Some analysts see potential in this strategy, noting that consumers tend to stick to existing habits—like going to the drugstore rather than a health clinic—and may already have a long relationship with their pharmacist. Having a well-established connection “drives a better customer experience and increases stickiness,” says Fitch Ratings senior director David Silverman.
Another prong of Donigan’s health care–centric plan is Rite Aid’s PBM, Elixir. Compared with its rivals, Elixir is tiny: Caremark, Express Scripts, and OptumRx together control 80% of the PBM market, leaving Elixir and dozens of others scrapping over the remaining 20%. But the PBM has carved its own niche by focusing on midsize employers with less than 1,000 staff, a market that bigger players find too small to bother with. And Elixir is not just a PBM; its other services include a mail-based pharmacy, an insurance offering for seniors, and a discount program for fertility drugs. Down the line, Donigan hints at leveraging whatever growth she can wring out of these programs to pay down more of Rite Aid’s debt, either via partnerships or even a possible sale. “Someone’s going to be interested in investing in one of these businesses,” she says.
And though Rite Aid, like all major pharmacy players, is moving away from retail—a low margin business where companies like Target and Walmart are gobbling up market share thanks to more appealing stores and better prices, according to GlobalData’s Saunders—she does see the advantages of growing into new markets.

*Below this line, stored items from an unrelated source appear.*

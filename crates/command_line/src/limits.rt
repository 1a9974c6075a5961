//! The limits of the numbers that options have.

/// The most digits of a number.
pub const MOST_NUMBER_DIGITS: usize = 20;

/// The least port.
pub const LEAST_PORT: u64 = 1;

/// The greatest port.
pub const MOST_PORT: u64 = 65_535;

/// The least number of workers.
pub const LEAST_WORKERS: u64 = 1;

/// The greatest number of workers.
pub const MOST_WORKERS: u64 = 8;

/// The greatest number of rounds.
pub const MOST_ROUNDS: u64 = 100_000_000;

/// The greatest seed.
pub const MOST_SEED: u64 = 18_446_744_073_709_551_615;

/// The greatest count of a drill.
pub const MOST_DRILLED: u64 = 60_000;
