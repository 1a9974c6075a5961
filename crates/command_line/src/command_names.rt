//! The names of the commands, and the test that arguments are a command.

ghost use Rattle.std.specs.Prelude.{◌≡◌, ◌≤◌, false, List, None, Some, IfSome, length, map, option_map, string_bytes};
ghost use Rattle.command_line.specs.Commands.{asks_to_serve, command_of, has_numbers, name_of, names_serve};
ghost use Rattle.command_line.specs.Forms.{IsForm, Written};
ghost use Rattle.command_line.specs.Limits.{most_port, most_workers};
ghost use Rattle.command_line.specs.Names.{name_named, name_text, options_of};
ghost use Rattle.command_line.specs.Tests.{are_of, do_agree, has_port, have_values, name_in};
ghost use Rattle.command_line.specs.declared.commands.Subcommand.{Subcommand};

use crate::limits::MOST_PORT;
use crate::option_names::OptionName;
use crate::options::{are_options, value_in};

/// The name of a command.
#[derive(Clone, Copy, Debug, PartialEq, Eq)]
pub enum CommandName {
    /// `calc`.
    Calc,
    /// `init`.
    Init,
    /// `table`.
    Table,
    /// `batch`.
    Batch,
    /// `serve`.
    Serve,
    /// `report`.
    Report,
    /// `drill`.
    Drill,
}

impl CommandName {
    /// The name of the command of the arguments; `None` if they aren't in the form, which it alone decides. Takes no memory.
    pub fn of_words(words: &[String]) -> Option<CommandName>
        ensures name { result ≡ option_map name_of (command_of (map string_bytes words.now)) }
        ensures form { IfSome result (λ name. (command : Subcommand) × (options : List Written) × (name_of command ≡ name) × IsForm command options (map string_bytes words.now)) }
        ensures every_form { (command : Subcommand) (options : List Written) → IsForm command options (map string_bytes words.now) → result ≡ Some (name_of command) }
        ensures none { result ≡ None → command_of (map string_bytes words.now) ≡ None }
        ensures alone { (command : Subcommand) → has_numbers (name_of command) ≡ false → result ≡ Some (name_of command) → command_of (map string_bytes words.now) ≡ Some command }
        ensures serve { IfSome result (λ name. names_serve name ≡ asks_to_serve (map string_bytes words.now)) }
    {
        CommandName::among(words)
    }

    // It as it is tested.
    #[tactic(auto, unfolding(crate::specs::Tests::name_in))]
    fn among(words: &[String]) -> Option<CommandName>
        ensures name { result ≡ name_in (map string_bytes words.now) }
    {
        let [word, options @ ..] = words else {
            return None;
        };
        let name = CommandName::named(word.as_str())?;
        name.is_of(options).then_some(name)
    }

    // The name that a word is.
    fn named(word: &str) -> Option<CommandName>
        ensures { result ≡ name_named word.now }
    {
        match word {
            "calc" => Some(CommandName::Calc),
            "init" => Some(CommandName::Init),
            "table" => Some(CommandName::Table),
            "batch" => Some(CommandName::Batch),
            "serve" => Some(CommandName::Serve),
            "report" => Some(CommandName::Report),
            "drill" => Some(CommandName::Drill),
            _ => None,
        }
    }

    // Whether words are the options of a command of this name, with values that they take.
    fn is_of(self, words: &[String]) -> bool
        ensures { result ≡ are_of self (map string_bytes words.now) }
    {
        are_options(self.options(), words)
            && have_values(self.options(), words)
            && self.agrees(words)
    }

    // Whether the numbers of a command agree with each other: the last desk post of `serve` has a port.
    fn agrees(self, words: &[String]) -> bool
        ensures { result ≡ do_agree self (map string_bytes words.now) }
    {
        match self {
            CommandName::Serve => {
                let port = value_in("port", words);
                let workers = value_in("workers", words);
                has_port(
                    OptionName::Port.rule().number(port),
                    OptionName::Workers.rule().number(workers),
                )
            }
            CommandName::Calc | CommandName::Init | CommandName::Table | CommandName::Batch => true,
            CommandName::Report | CommandName::Drill => true,
        }
    }

    /// The name as it is written.
    pub(crate) fn text<'a>(self) -> &'a str
        ensures { result.now ≡ name_text self }
    {
        match self {
            CommandName::Calc => "calc",
            CommandName::Init => "init",
            CommandName::Table => "table",
            CommandName::Batch => "batch",
            CommandName::Serve => "serve",
            CommandName::Report => "report",
            CommandName::Drill => "drill",
        }
    }

    /// The options that a command of this name takes.
    pub(crate) fn options(self) -> &'static [OptionName]
        ensures options { result.now ≡ options_of self }
        ensures few { length result.now ≤ 8 }
    {
        match self {
            CommandName::Calc => &[],
            CommandName::Init => &[OptionName::Site, OptionName::Journal],
            CommandName::Table => &[OptionName::Site],
            CommandName::Batch => &[OptionName::Journal],
            CommandName::Serve => &[
                OptionName::Journal,
                OptionName::Port,
                OptionName::Workers,
                OptionName::Rounds,
            ],
            CommandName::Report => &[OptionName::Journal, OptionName::Day],
            CommandName::Drill => &[OptionName::Seed, OptionName::Count],
        }
    }
}

// Whether each of these options has a value among words that it takes.
fn have_values(options: &[OptionName], words: &[String]) -> bool
    ensures { result ≡ have_values options.now (map string_bytes words.now) }
{
    for option in options {
        if !option.rule().takes(value_in(option.text(), words)) {
            return false;
        }
    }
    true
}

// Whether the last of `workers` desk posts, on ports from `port` on, has a port; false if either is missing.
fn has_port(port: Option<u64>, workers: Option<u64>) -> bool
    requires port { IfSome port (λ port. port ≤ most_port) }
    requires workers { IfSome workers (λ workers. workers ≤ most_workers) }
    ensures { result ≡ has_port port workers }
{
    match (port, workers) {
        (Some(port), Some(workers)) => port + workers <= MOST_PORT + 1,
        _ => false,
    }
}
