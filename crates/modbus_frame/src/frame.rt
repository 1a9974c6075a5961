//! What bytes are as a response.

use crate::MOST_QUANTITY;

/// The registers of a response.
#[derive(Clone, Copy, Debug, PartialEq, Eq)]
pub struct Registers {
    /// How many there are, from 1 to 125.
    pub count: u8,
    /// The registers, then zeros.
    pub words: [u16; MOST_QUANTITY as usize],
}

/// What the bytes that were received so far are as a response to a request.
#[derive(Clone, Copy, Debug, PartialEq, Eq)]
pub enum Frame {
    /// They are no whole response, and no field whose bytes are all there disagrees: this many bytes have to be received before more can
    /// be said.
    Need(usize),
    /// They begin with a whole response with these registers, of this many bytes.
    Words(Registers, usize),
    /// They begin with a whole response with this exception code, of this many bytes.
    Exception(u8, usize),
    /// They are no response to the request: this field is the first on which they disagree. 1 is the transaction, 2 the protocol, 3 the
    /// length, 4 the unit, 5 the function and 6 the byte count.
    Wrong(u8),
}
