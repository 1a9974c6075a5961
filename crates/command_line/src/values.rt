//! What the value of an option has to be.

ghost use Rattle.std.specs.Prelude.{◌≡◌, ◌≤◌, IfSome};
ghost use Rattle.command_line.specs.Tests.{IsWithin, number_by, takes_value};

use crate::numbers::number_between;
use calendar_days::read_day;

/// What the value of an option has to be, beside that it isn't empty and doesn't begin with a minus.
#[derive(Clone, Copy)]
pub enum ValueRule {
    /// Any text.
    Text,
    /// A number, with the least and the greatest one.
    Number(u64, u64),
    /// A day.
    Day,
}

impl ValueRule {
    /// Whether a text is such a value.
    pub(crate) fn takes(self, text: &str) -> bool
        ensures takes { result ≡ takes_value self text.now }
    {
        match self {
            ValueRule::Text => true,
            ValueRule::Number(least, most) => number_between(least, most, text).is_some(),
            ValueRule::Day => read_day(text.as_bytes()).is_ok(),
        }
    }

    /// The number that a text is; `None` if the value is to be no number.
    pub(crate) fn number(self, text: &str) -> Option<u64>
        ensures value { result ≡ number_by self text.now }
        ensures most { IfSome result (λ number. IsWithin self number) }
    {
        match self {
            ValueRule::Number(least, most) => number_between(least, most, text),
            ValueRule::Text | ValueRule::Day => None,
        }
    }
}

To that end, she has her eyes out for smaller, independent pharmacies struggling to operate in an industry where economies of scale matter. One such example: Bartell, a Seattle chain of 67 stores that Rite Aid snapped up 2020. (Rite Aid, like CVS and Walgreens, is closing dozens of stores in its top markets when locations have become too rundown or too saturated.)

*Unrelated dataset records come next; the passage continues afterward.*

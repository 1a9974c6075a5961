//! Numbers as the values of options.

ghost use Rattle.std.specs.Prelude.{◌≡◌, ◌≤◌, IfSome};
ghost use Rattle.command_line.specs.Numbers.{number_between};

use crate::limits::MOST_NUMBER_DIGITS;
use farm_base::is_all_digits;

/// The number that a text is, if it is within these limits.
#[tactic(auto, unfolding(crate::specs::Numbers::number_between))]
pub(crate) fn number_between(least: u64, most: u64, text: &str) -> Option<u64>
    ensures value { result ≡ number_between least most text.now }
    ensures most { IfSome result (λ number. number ≤ most) }
{
    if text.is_empty() || text.len() > MOST_NUMBER_DIGITS || !is_all_digits(text.as_bytes()) {
        return None;
    }
    let number = text.parse::<u64>().ok()?;
    if number < least || number > most {
        return None;
    }
    Some(number)
}
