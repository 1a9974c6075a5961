//! What is asked of a device.

/// The function that reads holding registers.
pub const READ_HOLDING_REGISTERS: u8 = 3;
/// The function that reads input registers.
pub const READ_INPUT_REGISTERS: u8 = 4;
/// The fewest registers of a request.
pub const LEAST_QUANTITY: u8 = 1;
/// The most registers of a request.
pub const MOST_QUANTITY: u8 = 125;

/// A request for registers, and so what its response has to agree with.
#[derive(Clone, Copy, Debug, PartialEq, Eq)]
pub struct Expect {
    /// The number of the transaction, which the response repeats.
    pub transaction: u16,
    /// The unit identifier of the device.
    pub unit: u8,
    /// The function: 3 for holding registers, 4 for input registers.
    pub function: u8,
    /// The first register, counted from 0.
    pub start: u16,
    /// How many registers, from 1 to 125.
    pub quantity: u8,
}
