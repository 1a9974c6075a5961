//! The examples of the standard.

ghost use Rattle.modbus_frame.specs.Published.{ArePublished};

/// Does nothing: its contract is that requests and good responses are those that the Modbus Application Protocol V1.1b3 prints
/// in its sections 6.3 and 6.4.
pub fn published_frames()
    ensures published { ArePublished }
{}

Not everyone on Wall Street is quite as skeptical of the company’s turnaround plans as Deutsche Bank, but even those who think Donigan can put Rite Aid back on track expect the process to, as J.P. Morgan managing director Lisa Gill put it in a recent report, “take time and likely be bumpy.” Donigan is unfazed. “It’s very motivating for us to show the world that we can do this and that we are doing this.”